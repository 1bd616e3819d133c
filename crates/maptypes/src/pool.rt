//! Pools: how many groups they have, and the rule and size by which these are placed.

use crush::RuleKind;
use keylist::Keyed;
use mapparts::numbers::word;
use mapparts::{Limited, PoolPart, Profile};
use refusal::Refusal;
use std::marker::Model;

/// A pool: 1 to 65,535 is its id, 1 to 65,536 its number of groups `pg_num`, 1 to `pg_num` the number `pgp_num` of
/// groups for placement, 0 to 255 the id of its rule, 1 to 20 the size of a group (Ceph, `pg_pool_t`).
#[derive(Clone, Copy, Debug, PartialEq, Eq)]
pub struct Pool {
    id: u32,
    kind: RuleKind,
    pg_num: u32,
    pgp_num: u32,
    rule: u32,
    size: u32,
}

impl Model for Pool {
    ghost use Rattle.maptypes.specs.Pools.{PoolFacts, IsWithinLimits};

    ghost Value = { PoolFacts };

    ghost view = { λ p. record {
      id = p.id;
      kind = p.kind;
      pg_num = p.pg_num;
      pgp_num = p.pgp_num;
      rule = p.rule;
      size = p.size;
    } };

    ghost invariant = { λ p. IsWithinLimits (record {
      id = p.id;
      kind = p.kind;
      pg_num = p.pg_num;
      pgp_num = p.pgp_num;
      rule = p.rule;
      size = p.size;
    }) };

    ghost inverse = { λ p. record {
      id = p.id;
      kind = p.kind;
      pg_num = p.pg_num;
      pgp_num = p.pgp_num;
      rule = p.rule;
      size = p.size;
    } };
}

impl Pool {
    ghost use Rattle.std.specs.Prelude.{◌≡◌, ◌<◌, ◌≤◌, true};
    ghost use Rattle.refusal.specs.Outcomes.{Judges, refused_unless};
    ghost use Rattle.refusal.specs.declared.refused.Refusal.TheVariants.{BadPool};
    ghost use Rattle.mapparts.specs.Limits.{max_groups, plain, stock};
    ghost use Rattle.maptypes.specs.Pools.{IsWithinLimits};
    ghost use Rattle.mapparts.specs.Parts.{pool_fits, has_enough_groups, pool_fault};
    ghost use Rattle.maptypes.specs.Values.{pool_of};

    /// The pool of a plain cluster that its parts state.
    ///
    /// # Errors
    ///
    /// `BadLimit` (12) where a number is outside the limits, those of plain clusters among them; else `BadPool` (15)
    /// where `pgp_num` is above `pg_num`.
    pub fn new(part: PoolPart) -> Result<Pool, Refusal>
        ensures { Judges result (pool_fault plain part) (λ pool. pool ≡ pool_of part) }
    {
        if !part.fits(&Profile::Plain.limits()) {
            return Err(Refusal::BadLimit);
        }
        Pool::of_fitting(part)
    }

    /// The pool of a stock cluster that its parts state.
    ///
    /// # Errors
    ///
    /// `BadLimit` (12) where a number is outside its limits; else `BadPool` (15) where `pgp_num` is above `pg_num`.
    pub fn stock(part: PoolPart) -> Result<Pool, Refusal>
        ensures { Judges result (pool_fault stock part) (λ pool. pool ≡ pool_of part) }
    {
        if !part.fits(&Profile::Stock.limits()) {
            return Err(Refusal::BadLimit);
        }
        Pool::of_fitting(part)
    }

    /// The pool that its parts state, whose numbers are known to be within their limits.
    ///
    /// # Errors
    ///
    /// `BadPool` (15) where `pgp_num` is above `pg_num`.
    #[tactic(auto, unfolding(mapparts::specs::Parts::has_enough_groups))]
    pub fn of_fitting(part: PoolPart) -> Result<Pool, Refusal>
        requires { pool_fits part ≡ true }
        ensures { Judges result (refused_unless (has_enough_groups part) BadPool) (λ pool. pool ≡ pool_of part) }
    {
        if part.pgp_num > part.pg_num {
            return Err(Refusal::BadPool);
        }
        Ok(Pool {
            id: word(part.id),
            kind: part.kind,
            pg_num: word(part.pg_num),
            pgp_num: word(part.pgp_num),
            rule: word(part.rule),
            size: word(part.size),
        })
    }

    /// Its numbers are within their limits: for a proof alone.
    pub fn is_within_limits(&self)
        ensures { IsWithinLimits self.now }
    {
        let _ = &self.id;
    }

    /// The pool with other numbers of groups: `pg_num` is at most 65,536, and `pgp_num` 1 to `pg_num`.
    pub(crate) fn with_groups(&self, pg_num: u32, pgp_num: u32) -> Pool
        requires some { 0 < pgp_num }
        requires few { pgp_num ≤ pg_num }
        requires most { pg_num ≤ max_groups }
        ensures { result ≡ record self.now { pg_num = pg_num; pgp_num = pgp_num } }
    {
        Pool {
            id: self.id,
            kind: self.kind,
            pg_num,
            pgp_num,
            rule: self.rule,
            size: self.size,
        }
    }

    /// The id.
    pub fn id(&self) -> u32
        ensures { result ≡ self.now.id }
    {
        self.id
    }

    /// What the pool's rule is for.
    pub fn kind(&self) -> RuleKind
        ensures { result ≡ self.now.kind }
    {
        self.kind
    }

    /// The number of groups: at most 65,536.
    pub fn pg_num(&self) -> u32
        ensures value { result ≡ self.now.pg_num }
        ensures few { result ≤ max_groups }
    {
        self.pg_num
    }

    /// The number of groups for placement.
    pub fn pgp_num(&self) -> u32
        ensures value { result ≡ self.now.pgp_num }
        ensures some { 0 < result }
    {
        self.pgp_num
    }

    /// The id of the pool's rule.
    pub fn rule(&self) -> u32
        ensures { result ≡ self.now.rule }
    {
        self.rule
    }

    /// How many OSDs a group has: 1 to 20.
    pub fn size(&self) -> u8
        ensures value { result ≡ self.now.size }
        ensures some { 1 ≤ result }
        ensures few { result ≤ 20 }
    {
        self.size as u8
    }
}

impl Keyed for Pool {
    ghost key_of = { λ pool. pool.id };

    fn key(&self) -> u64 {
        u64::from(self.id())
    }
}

··········

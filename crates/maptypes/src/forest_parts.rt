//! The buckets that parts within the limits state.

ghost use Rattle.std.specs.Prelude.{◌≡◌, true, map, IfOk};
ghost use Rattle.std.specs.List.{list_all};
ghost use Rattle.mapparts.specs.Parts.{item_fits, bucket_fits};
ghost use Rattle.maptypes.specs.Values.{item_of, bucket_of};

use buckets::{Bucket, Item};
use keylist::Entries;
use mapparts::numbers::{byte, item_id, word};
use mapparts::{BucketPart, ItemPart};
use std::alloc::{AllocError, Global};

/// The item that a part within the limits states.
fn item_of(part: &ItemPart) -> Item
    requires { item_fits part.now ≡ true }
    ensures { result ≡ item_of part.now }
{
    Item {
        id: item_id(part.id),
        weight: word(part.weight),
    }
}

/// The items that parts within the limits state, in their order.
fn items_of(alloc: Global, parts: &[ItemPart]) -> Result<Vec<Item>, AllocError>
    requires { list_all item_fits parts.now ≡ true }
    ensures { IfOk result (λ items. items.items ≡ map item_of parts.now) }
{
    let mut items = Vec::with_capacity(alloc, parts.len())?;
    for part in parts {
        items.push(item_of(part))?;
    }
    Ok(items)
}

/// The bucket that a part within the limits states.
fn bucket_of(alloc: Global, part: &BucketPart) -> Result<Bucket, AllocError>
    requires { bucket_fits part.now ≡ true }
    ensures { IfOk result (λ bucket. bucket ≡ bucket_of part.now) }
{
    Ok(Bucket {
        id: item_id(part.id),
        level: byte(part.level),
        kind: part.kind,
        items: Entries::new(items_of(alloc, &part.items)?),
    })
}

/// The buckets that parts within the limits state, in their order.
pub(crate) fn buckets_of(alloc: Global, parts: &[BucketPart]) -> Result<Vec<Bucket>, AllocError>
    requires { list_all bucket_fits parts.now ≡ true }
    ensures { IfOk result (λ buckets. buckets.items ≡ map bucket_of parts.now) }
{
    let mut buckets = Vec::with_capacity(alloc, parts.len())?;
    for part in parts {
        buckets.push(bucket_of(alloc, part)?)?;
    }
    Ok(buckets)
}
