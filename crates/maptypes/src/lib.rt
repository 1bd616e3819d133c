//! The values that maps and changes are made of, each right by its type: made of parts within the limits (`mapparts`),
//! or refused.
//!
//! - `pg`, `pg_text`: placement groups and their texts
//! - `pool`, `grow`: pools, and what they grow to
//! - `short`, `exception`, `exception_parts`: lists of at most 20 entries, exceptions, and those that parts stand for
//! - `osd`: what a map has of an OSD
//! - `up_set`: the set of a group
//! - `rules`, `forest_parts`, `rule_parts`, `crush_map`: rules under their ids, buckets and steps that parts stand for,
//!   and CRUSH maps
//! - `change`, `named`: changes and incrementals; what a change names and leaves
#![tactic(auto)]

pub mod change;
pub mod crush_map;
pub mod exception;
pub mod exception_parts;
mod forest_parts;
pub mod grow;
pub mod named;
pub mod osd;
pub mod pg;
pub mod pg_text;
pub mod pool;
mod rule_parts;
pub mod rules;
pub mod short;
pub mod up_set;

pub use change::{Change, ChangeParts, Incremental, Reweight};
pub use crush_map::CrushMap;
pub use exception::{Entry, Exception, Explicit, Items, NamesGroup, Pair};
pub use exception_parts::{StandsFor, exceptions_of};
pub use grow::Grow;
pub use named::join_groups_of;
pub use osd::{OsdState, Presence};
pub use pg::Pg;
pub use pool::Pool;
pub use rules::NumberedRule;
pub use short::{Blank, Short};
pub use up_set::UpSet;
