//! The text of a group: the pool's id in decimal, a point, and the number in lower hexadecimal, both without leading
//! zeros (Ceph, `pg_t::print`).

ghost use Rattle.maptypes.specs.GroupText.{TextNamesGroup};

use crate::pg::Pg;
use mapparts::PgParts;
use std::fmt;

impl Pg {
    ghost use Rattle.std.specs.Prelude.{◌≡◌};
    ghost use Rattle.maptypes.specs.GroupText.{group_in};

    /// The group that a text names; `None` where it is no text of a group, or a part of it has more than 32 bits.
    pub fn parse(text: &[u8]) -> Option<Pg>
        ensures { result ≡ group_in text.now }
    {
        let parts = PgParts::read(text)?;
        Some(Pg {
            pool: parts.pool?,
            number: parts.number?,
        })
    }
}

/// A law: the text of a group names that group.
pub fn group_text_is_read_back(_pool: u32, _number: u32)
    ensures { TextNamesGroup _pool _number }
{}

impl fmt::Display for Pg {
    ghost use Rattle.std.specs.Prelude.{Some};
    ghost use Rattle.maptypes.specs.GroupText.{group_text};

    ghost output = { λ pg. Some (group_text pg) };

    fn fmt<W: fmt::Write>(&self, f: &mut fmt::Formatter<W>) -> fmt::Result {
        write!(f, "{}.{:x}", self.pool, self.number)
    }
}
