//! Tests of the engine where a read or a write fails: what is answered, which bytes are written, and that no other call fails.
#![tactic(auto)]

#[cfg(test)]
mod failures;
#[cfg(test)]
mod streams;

··········

#### Work to complete
Each line of the entries that contains the word "else" should be listed.

#### Problem solution
    /// `BadLimit` (12) where a number is outside the limits, those of plain clusters among them; else `BadPool` (15)
    /// `BadLimit` (12) where a number is outside its limits; else `BadPool` (15) where `pgp_num` is above `pg_num`.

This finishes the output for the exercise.